Molecular characterization of pyruvate carboxylase deficiency in two consanguineous families

Abstract

Pyruvate carboxylase (PC) is a biotinylated mitochondrial enzyme that catalyzes the conversion of pyruvate to oxaloacetate. Children with inborn errors of PC metabolism have lactic acidosis, hypoglycemia, and mental retardation. The variable severity of the clinical phenotype is dependent on both genetic and environmental factors. Two consanguineous families with moderate forms of PC deficiency were characterized at the biochemical and molecular levels. In both families, the probands were found to have low PC activity (range, 2-25% of control) in blood lymphocytes and skin fibroblasts associated with either diminished or normal protein levels. In the first case, sequencing of patient-specific PC cDNA demonstrated a T to C substitution at nucleotide 434, which causes a valine to alanine change at amino acid residue 145. Direct sequencing of the parents showed that they are heterozygous for this mutation.
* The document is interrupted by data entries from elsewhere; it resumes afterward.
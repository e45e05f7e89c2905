//! Texts built by many pushes, and bounds on the bytes moved under a policy.
ghost use Rattle.std.specs.Prelude.{◌≡◌, ◌*◌, ◌/◌, ◌≤◌, flat_map, max, IfSome};
ghost use Rattle.compact_str.specs.Text.{size, text_of};

use compact_edit::{PushReport, run_pushes};
use compact_str::{CompactString, Standard};
use compact_testing::policies::Double;
use std::alloc::Global;

/// Joins parts and returns the line with the bytes moved: at most five times its length. Returns `None` if a push
/// fails.
pub fn joined(alloc: Global, parts: &[&str]) -> Option<(CompactString, u64)>
    ensures text { IfSome result
        (λ line. line.0.text ≡ flat_map (λ part. text_of part.now) parts.now) }
    ensures moved { IfSome result (λ line. line.1 ≤ 5 * size line.0.text) }
    ensures capacity { IfSome result
        (λ line. line.0.placement.capacity ≤ max 32 (3 * size line.0.text / 2)) }
{
    let report = run_pushes::<Standard>(alloc, parts);
    if report.refused > 0 {
        return None;
    }
    Some((report.value, report.moved))
}

/// Joins parts in buffers that double. Moves at most three times the line's length; the capacity is at most twice the
/// length, or 32 bytes. Parts whose push fails are missing.
pub fn joined_in_doubled_room(alloc: Global, parts: &[&str]) -> PushReport<Double>
    ensures text { result.refused ≡ 0
        → result.value.text ≡ flat_map (λ part. text_of part.now) parts.now }
    ensures moved { result.moved ≤ 3 * size result.value.text }
    ensures capacity { result.value.placement.capacity ≤ max 32 (2 * size result.value.text) }
{
    run_pushes(alloc, parts)
}
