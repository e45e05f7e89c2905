//! Functions of tokenizers, record readers and reports.
ghost use Rattle.std.specs.Prelude.{◌≡◌, ◌+◌, ◌≤◌, ◌++◌, length, IfOk, OnOk, OnErr, IsOk, codes};
ghost use Rattle.compact_str.specs.Text.{text_of, size};

use compact_str::{CompactString, ReserveError};
use std::alloc::Global;

/// Makes a keyword of a grammar; too short to allocate.
pub fn keyword(alloc: Global, word: &str) -> Result<CompactString, ReserveError>
    ensures text { IfOk result (λ v. v.text ≡ text_of word.now) }
    ensures succeeds { length word.now ≤ 24 → IsOk result }
{
    CompactString::new(alloc, word)
}

/// Appends a field of a record.
pub fn append_field(line: &mut CompactString, field: &str) -> Result<(), ReserveError>
    ensures text { OnOk result (line.new.text ≡ line.old.text ++ text_of field.now) }
    ensures unchanged { OnErr result (line.new ≡ line.old) }
    ensures succeeds { size line.old.text + length field.now ≤ 24 → IsOk result }
{
    line.push_str(field)
}

/// Builds a line of a report: a name, a colon, a space and a value.
pub fn label(alloc: Global, name: &str, value: &str) -> Result<CompactString, ReserveError>
    ensures text { IfOk result
        (λ line. line.text ≡ text_of name.now ++ text_of (codes ": ") ++ text_of value.now) }
{
    let mut line = CompactString::new(alloc, name)?;
    line.push_str(": ")?;
    line.push_str(value)?;
    Ok(line)
}

/// Writes a record of two fields into the buffer of an earlier one.
pub fn record_line(line: &mut CompactString, first: &str, second: &str) -> Result<(), ReserveError>
    ensures text { OnOk result (line.new.text ≡ text_of first.now ++ text_of second.now) }
{
    line.clear();
    line.push_str(first)?;
    line.push_str(second)
}
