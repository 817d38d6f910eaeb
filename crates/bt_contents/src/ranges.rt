//! The rows in a range of keys, searched by the order of keys.
ghost use Rattle.std.specs.Prelude.{◌≡◌, [], option_map, unwrap_or, IfSome};
ghost use Rattle.std.specs.List.{AllByRecursion, find};
ghost use Rattle.std.specs.List.Sorted.{IsStrictlySortedBy};
ghost use Rattle.std.specs.Map.{keys_of};
ghost use Rattle.std.specs.Ordering.{nat_cmp, is_le};
ghost use Rattle.std.specs.Cmp.Lexicographic.{slice_cmp};
ghost use Rattle.bt_contents.specs.Ranges.{between, is_from, rows_within};

use bt_row::Row;
use bt_types::{RowKey, RowRange};
use std::alloc::Global;
use std::collections::BTreeMap;
use std::collections::btree_map::Range;

/// The rows whose keys are in the range; `None` only where there are none.
pub(crate) fn rows_within<'a>(
    alloc: Global,
    rows: &'a BTreeMap<RowKey, Row>,
    range: &RowRange,
) -> Option<Range<'a, RowKey, Row>>
    ensures rows { unwrap_or result [] ≡ rows_within range.now rows.now.entries }
    ensures sorted { IsStrictlySortedBy (slice_cmp nat_cmp) (keys_of (unwrap_or result [])) }
{
    let start_key = key_of(alloc, range.start.bytes());
    let start = bound(rows, start_key.as_ref(), range.start.bytes());
    match &range.end {
        None => between(rows, start, None),
        Some(end) => {
            let end_key = key_of(alloc, end.bytes());
            let end = bound(rows, end_key.as_ref(), end.bytes());
            between(rows, start, end)
        }
    }
}

// The bytes as a key, where they are one and there is memory for it.
fn key_of(alloc: Global, bytes: &[u8]) -> Option<RowKey>
    ensures { IfSome result (λ key. key ≡ bytes.now) }
{
    match RowKey::new(alloc, bytes) {
        Ok(key) => key,
        Err(_) => None,
    }
}

// A key that the keys at or past these bytes are at or past: the bytes themselves, or the first
// such key, for which it goes through the keys before it.
fn bound<'x>(
    rows: &'x BTreeMap<RowKey, Row>,
    made: Option<&'x RowKey>,
    bytes: &[u8],
) -> Option<&'x RowKey>
    requires { IfSome made (λ key. key.now ≡ bytes.now) }
    ensures { AllByRecursion (λ q. is_le (slice_cmp nat_cmp bytes.now q) ≡ is_from (option_map (λ k. k.now) result) q) (keys_of rows.now.entries) }
{
    match made {
        Some(key) => Some(key),
        None => first_from(rows, bytes),
    }
}

fn first_from<'x>(rows: &'x BTreeMap<RowKey, Row>, bytes: &[u8]) -> Option<&'x RowKey>
    ensures first { option_map (λ k. k.now) result ≡ find (λ k. is_le (slice_cmp nat_cmp bytes.now k)) (keys_of rows.now.entries) }
    ensures sorted { IsStrictlySortedBy (slice_cmp nat_cmp) (keys_of rows.now.entries) }
{
    rows.keys().find(|key| bytes.cmp(key.bytes()).is_le())
}

// The rows from the one key on and before the other.
fn between<'a>(
    rows: &'a BTreeMap<RowKey, Row>,
    start: Option<&RowKey>,
    end: Option<&RowKey>,
) -> Option<Range<'a, RowKey, Row>>
    ensures rows { unwrap_or result [] ≡ between (option_map (λ k. k.now) start.entry) (option_map (λ k. k.now) end.entry) rows.now.entries }
    ensures sorted { IsStrictlySortedBy (slice_cmp nat_cmp) (keys_of (unwrap_or result [])) }
{
    let Some(start) = start else {
        return None;
    };
    let Some(end) = end else {
        return Some(rows.range(start..));
    };
    if end < start {
        return None;
    }
    Some(rows.range(start..end))
}
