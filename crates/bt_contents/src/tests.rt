ghost use Rattle.std.specs.Prelude.{IfOk};
ghost use Rattle.bt_row.specs.Sound.{HaveShort};

use crate::Contents;
use bt_base::Blob;
use bt_row::Row;
use bt_types::{
    Cell, FamilyName, KeyList, Micros, Mutation, MutationList, NoReads, Qualifier, RowKey,
    RowRange, Rows, SourceFault,
};
use std::alloc::Global;
use std::test::Fail;

fn family(alloc: Global, text: &str) -> Result<FamilyName, Fail> {
    Ok(FamilyName::new(alloc, text)?.ok_or("family")?)
}

fn qualifier(alloc: Global, byte: u8) -> Result<Qualifier, Fail> {
    Ok(Qualifier::new(alloc, &[byte])?.ok_or("qualifier")?)
}

// Sets a cell whose qualifier and value have one byte.
fn set(alloc: Global, column: (&str, u8), at: i64, value: u8) -> Result<MutationList, Fail>
    ensures { IfOk result (λ list. HaveShort list) }
{
    let mut mutations = MutationList::new(alloc);
    mutations.push(Mutation::SetCell {
        family: family(alloc, column.0)?,
        qualifier: qualifier(alloc, column.1)?,
        at: Micros::new(at).ok_or("timestamp")?,
        value: Blob::new(alloc, &[value])?,
    })?;
    Ok(mutations)
}

fn delete_column(
    alloc: Global,
    column: (&str, u8),
    start: u64,
    end: u64,
) -> Result<MutationList, Fail>
    ensures { IfOk result (λ list. HaveShort list) }
{
    let mut mutations = MutationList::new(alloc);
    mutations.push(Mutation::DeleteColumn {
        family: family(alloc, column.0)?,
        qualifier: qualifier(alloc, column.1)?,
        start,
        end,
    })?;
    Ok(mutations)
}

// Deletes a family, and then sets a cell of it.
fn family_anew(alloc: Global, column: (&str, u8), value: u8) -> Result<MutationList, Fail>
    ensures { IfOk result (λ list. HaveShort list) }
{
    let mut mutations = MutationList::new(alloc);
    mutations.push(Mutation::DeleteFamily {
        family: family(alloc, column.0)?,
    })?;
    mutations.append(set(alloc, column, 1000, value)?)?;
    Ok(mutations)
}

fn delete_row(alloc: Global) -> Result<MutationList, Fail>
    ensures { IfOk result (λ list. HaveShort list) }
{
    let mut mutations = MutationList::new(alloc);
    mutations.push(Mutation::DeleteRow)?;
    Ok(mutations)
}

// The mutations of the one list, and then those of the other.
fn then(mut first: MutationList, second: MutationList) -> Result<MutationList, Fail>
    requires first { HaveShort first }
    requires second { HaveShort second }
    ensures { IfOk result (λ list. HaveShort list) }
{
    first.append(second)?;
    Ok(first)
}

// The row that the mutations make is put at the key, where it has cells.
fn put(
    alloc: Global,
    contents: &mut Contents,
    key: &[u8],
    mutations: MutationList,
) -> Result<(), Fail>
    requires { HaveShort mutations }
{
    let key = RowKey::new(alloc, key)?.ok_or("key")?;
    let mut row = Row::new(alloc);
    row.apply(alloc, mutations)?;
    if !row.is_empty() {
        contents.put(key, row)?;
    }
    Ok(())
}

// Four rows, of which the second one has two cells.
fn four_rows(alloc: Global) -> Result<Contents, Fail> {
    let mut contents = Contents::new(alloc);
    let last = set(alloc, ("f", b'q'), 1000, b'5')?;
    put(alloc, &mut contents, b"d", last)?;
    let older = set(alloc, ("f", b'q'), 1000, b'3')?;
    let newer = set(alloc, ("f", b'q'), 2000, b'2')?;
    put(alloc, &mut contents, b"b", then(older, newer)?)?;
    let first = set(alloc, ("f", b'q'), 1000, b'1')?;
    put(alloc, &mut contents, b"a", first)?;
    let third = set(alloc, ("f", b'q'), 1000, b'4')?;
    put(alloc, &mut contents, b"c", third)?;
    Ok(contents)
}

fn range(alloc: Global, start: &[u8], end: Option<&[u8]>) -> Result<RowRange, Fail> {
    let end = match end {
        Some(end) => Some(Blob::new(alloc, end)?),
        None => None,
    };
    let start = Blob::new(alloc, start)?;
    Ok(RowRange { start, end })
}

fn first_key(
    alloc: Global,
    contents: &Contents,
    start: &[u8],
    end: Option<&[u8]>,
) -> Result<Option<RowKey>, Fail> {
    let range = range(alloc, start, end)?;
    let row = contents.rows_in(alloc, &range).next_row(&mut NoReads)?;
    Ok(row)
}

// Rows of any kind, asked through their trait.
fn next_key<R: Rows<NoReads>>(rows: &mut R) -> Result<Option<RowKey>, SourceFault> {
    rows.next_row(&mut NoReads)
}

fn key_is(row: Option<RowKey>, bytes: &[u8]) -> bool {
    match row {
        Some(key) => key.bytes() == bytes,
        None => false,
    }
}

fn value_is(cell: Option<Cell>, value: u8) -> bool {
    match cell {
        Some(cell) => cell.value.bytes() == [value].as_slice(),
        None => false,
    }
}

// The values of the first row, a byte each.
fn first_row_is(alloc: Global, contents: &Contents, values: &[u8]) -> Result<bool, Fail> {
    let range = range(alloc, b"", None)?;
    let mut rows = contents.rows_in(alloc, &range);
    if rows.next_row(&mut NoReads)?.is_none() {
        return Ok(values.is_empty());
    }
    for value in values {
        if !value_is(rows.next_cell(&mut NoReads)?, *value) {
            return Ok(false);
        }
    }
    Ok(rows.next_cell(&mut NoReads)?.is_none())
}

#[test]
fn a_range_has_its_rows_and_their_cells(rt: HostRuntime) -> Result<(), Fail> {
    let alloc = rt.alloc();
    let contents = four_rows(alloc)?;
    let range = range(alloc, b"b", Some(b"d"))?;
    let mut rows = contents.rows_in(alloc, &range);
    assert!(rt; key_is(next_key(&mut rows)?, b"b"));
    assert!(rt; value_is(rows.next_cell(&mut NoReads)?, b'2'));
    assert!(rt; value_is(rows.next_cell(&mut NoReads)?, b'3'));
    assert!(rt; rows.next_cell(&mut NoReads)?.is_none());
    assert!(rt; key_is(next_key(&mut rows)?, b"c"));
    assert!(rt; next_key(&mut rows)?.is_none());
    Ok(())
}

fn latest(
    alloc: Global,
    contents: &Contents,
    key: &[u8],
    column: (&str, u8),
) -> Result<Option<Cell>, Fail> {
    let key = RowKey::new(alloc, key)?.ok_or("key")?;
    let family = family(alloc, column.0)?;
    let qualifier = qualifier(alloc, column.1)?;
    Ok(contents.latest(alloc, &key, family, qualifier)?)
}

#[test]
fn the_latest_cell_of_a_column_is_found(rt: HostRuntime) -> Result<(), Fail> {
    let alloc = rt.alloc();
    let contents = four_rows(alloc)?;
    assert!(rt; value_is(latest(alloc, &contents, b"b", ("f", b'q'))?, b'2'));
    assert!(rt; latest(alloc, &contents, b"b", ("f", b'p'))?.is_none());
    assert!(rt; latest(alloc, &contents, b"bb", ("f", b'q'))?.is_none());
    Ok(())
}

#[test]
fn a_row_is_found_alone(rt: HostRuntime) -> Result<(), Fail> {
    let alloc = rt.alloc();
    let contents = four_rows(alloc)?;
    let key = RowKey::new(alloc, b"b")?.ok_or("key")?;
    let mut row = contents.row(alloc, &key);
    assert!(rt; key_is(next_key(&mut row)?, b"b"));
    assert!(rt; value_is(row.next_cell(&mut NoReads)?, b'2'));
    assert!(rt; next_key(&mut row)?.is_none());
    let key = RowKey::new(alloc, b"bb")?.ok_or("key")?;
    assert!(rt; next_key(&mut contents.row(alloc, &key))?.is_none());
    Ok(())
}

// The keys, a byte each.
fn keys_are(keys: &KeyList, bytes: &[u8]) -> bool {
    let firsts = keys.items().iter().map(|key| key.bytes());
    keys.items().len() == bytes.len() && firsts.zip(bytes).all(|(k, b)| k == [*b].as_slice())
}

#[test]
fn keys_are_found_by_range_and_family(rt: HostRuntime) -> Result<(), Fail> {
    let alloc = rt.alloc();
    let mut contents = four_rows(alloc)?;
    let third = then(
        set(alloc, ("f", b'q'), 1000, b'4')?,
        set(alloc, ("g", b'q'), 1000, b'6')?,
    )?;
    put(alloc, &mut contents, b"c", third)?;
    let first = then(
        set(alloc, ("f", b'q'), 1000, b'1')?,
        set(alloc, ("g", b'q'), 1000, b'7')?,
    )?;
    put(alloc, &mut contents, b"a", first)?;
    let range = range(alloc, b"b", Some(b"d"))?;
    assert!(rt; keys_are(&contents.keys_in(alloc, &range)?, b"bc"));
    let family = family(alloc, "g")?;
    assert!(rt; keys_are(&contents.keys_with(alloc, &family)?, b"ac"));
    Ok(())
}

#[test]
fn a_bound_may_be_no_key(rt: HostRuntime) -> Result<(), Fail> {
    let alloc = rt.alloc();
    let contents = four_rows(alloc)?;
    let long = [b'b'; 5000];
    assert!(rt; key_is(first_key(alloc, &contents, b"", None)?, b"a"));
    assert!(rt; key_is(first_key(alloc, &contents, &long, None)?, b"c"));
    assert!(rt; first_key(alloc, &contents, b"bb", Some(&long))?.is_none());
    assert!(rt; first_key(alloc, &contents, b"c", Some(b"b"))?.is_none());
    assert!(rt; first_key(alloc, &contents, b"", Some(b""))?.is_none());
    Ok(())
}

// Six cells, of which one is set twice.
fn six_cells(alloc: Global) -> Result<MutationList, Fail>
    ensures { IfOk result (λ list. HaveShort list) }
{
    let mutations = set(alloc, ("f0", b'q'), 1000, b'6')?;
    let mutations = then(mutations, set(alloc, ("f", b'b'), 2000, b'5')?)?;
    let mutations = then(mutations, set(alloc, ("f", b'a'), 1000, b'4')?)?;
    let mutations = then(mutations, set(alloc, ("f", b'a'), 3000, b'2')?)?;
    let mutations = then(mutations, set(alloc, ("f", b'a'), 2000, b'9')?)?;
    let mutations = then(mutations, set(alloc, ("f", b'a'), 2000, b'3')?)?;
    then(mutations, set(alloc, ("e", b'q'), 1000, b'1')?)
}

// The same, and then all but four of them go.
fn four_cells(alloc: Global) -> Result<MutationList, Fail>
    ensures { IfOk result (λ list. HaveShort list) }
{
    let mutations = six_cells(alloc)?;
    then(mutations, delete_column(alloc, ("f", b'a'), 1000, 3000)?)
}

// The same, and then all but three of them go.
fn three_cells(alloc: Global) -> Result<MutationList, Fail>
    ensures { IfOk result (λ list. HaveShort list) }
{
    let mutations = four_cells(alloc)?;
    then(mutations, delete_column(alloc, ("f", b'b'), 2000, 0)?)
}

#[test]
fn deletions_take_what_they_name(rt: HostRuntime) -> Result<(), Fail> {
    let alloc = rt.alloc();
    let mut contents = Contents::new(alloc);
    put(alloc, &mut contents, b"r", six_cells(alloc)?)?;
    assert!(rt; first_row_is(alloc, &contents, b"123456")?);
    put(alloc, &mut contents, b"r", four_cells(alloc)?)?;
    assert!(rt; first_row_is(alloc, &contents, b"1256")?);
    put(alloc, &mut contents, b"r", three_cells(alloc)?)?;
    assert!(rt; first_row_is(alloc, &contents, b"126")?);
    let anew = family_anew(alloc, ("f", b'c'), b'7')?;
    let mutations = then(three_cells(alloc)?, anew)?;
    put(alloc, &mut contents, b"r", mutations)?;
    assert!(rt; first_row_is(alloc, &contents, b"176")?);
    Ok(())
}

#[test]
fn a_row_goes_with_its_last_cell(rt: HostRuntime) -> Result<(), Fail> {
    let alloc = rt.alloc();
    let mut contents = Contents::new(alloc);
    let cell = set(alloc, ("f", b'q'), 1000, b'1')?;
    put(alloc, &mut contents, b"r", then(cell, delete_row(alloc)?)?)?;
    assert!(rt; contents.is_empty());
    let cell = set(alloc, ("f", b'q'), 1000, b'1')?;
    let deletion = delete_column(alloc, ("f", b'q'), 0, 0)?;
    put(alloc, &mut contents, b"r", then(cell, deletion)?)?;
    assert!(rt; contents.is_empty());
    Ok(())
}

#[test]
fn a_row_is_taken_out(rt: HostRuntime) -> Result<(), Fail> {
    let alloc = rt.alloc();
    let mut contents = Contents::new(alloc);
    let cell = set(alloc, ("f", b'q'), 1000, b'1')?;
    put(alloc, &mut contents, b"r", cell)?;
    assert!(rt; contents.has_family(&family(alloc, "f")?));
    assert!(rt; !contents.has_family(&family(alloc, "e")?));
    let key = RowKey::new(alloc, b"r")?.ok_or("key")?;
    assert!(rt; contents.get(&key).is_some());
    contents.remove(&key);
    assert!(rt; contents.get(&key).is_none());
    assert!(rt; contents.is_empty());
    Ok(())
}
In the second family, a brother and sister had mental retardation and episodes of severe lactic/ketoacidosis in early childhood. In these cases, a C to T substitution at nucleotide 1351 results in a cysteine for arginine substitution at amino acid residue 451; the parents were also found to be heterozygous for this mutation. In both families, no other mutations were found, and both substitutions occurred in relatively conserved amino acid residues. These mutations, located in the biotin carboxylase domain, provide a unique opportunity to analyze how natural occurring mutations affect PC function.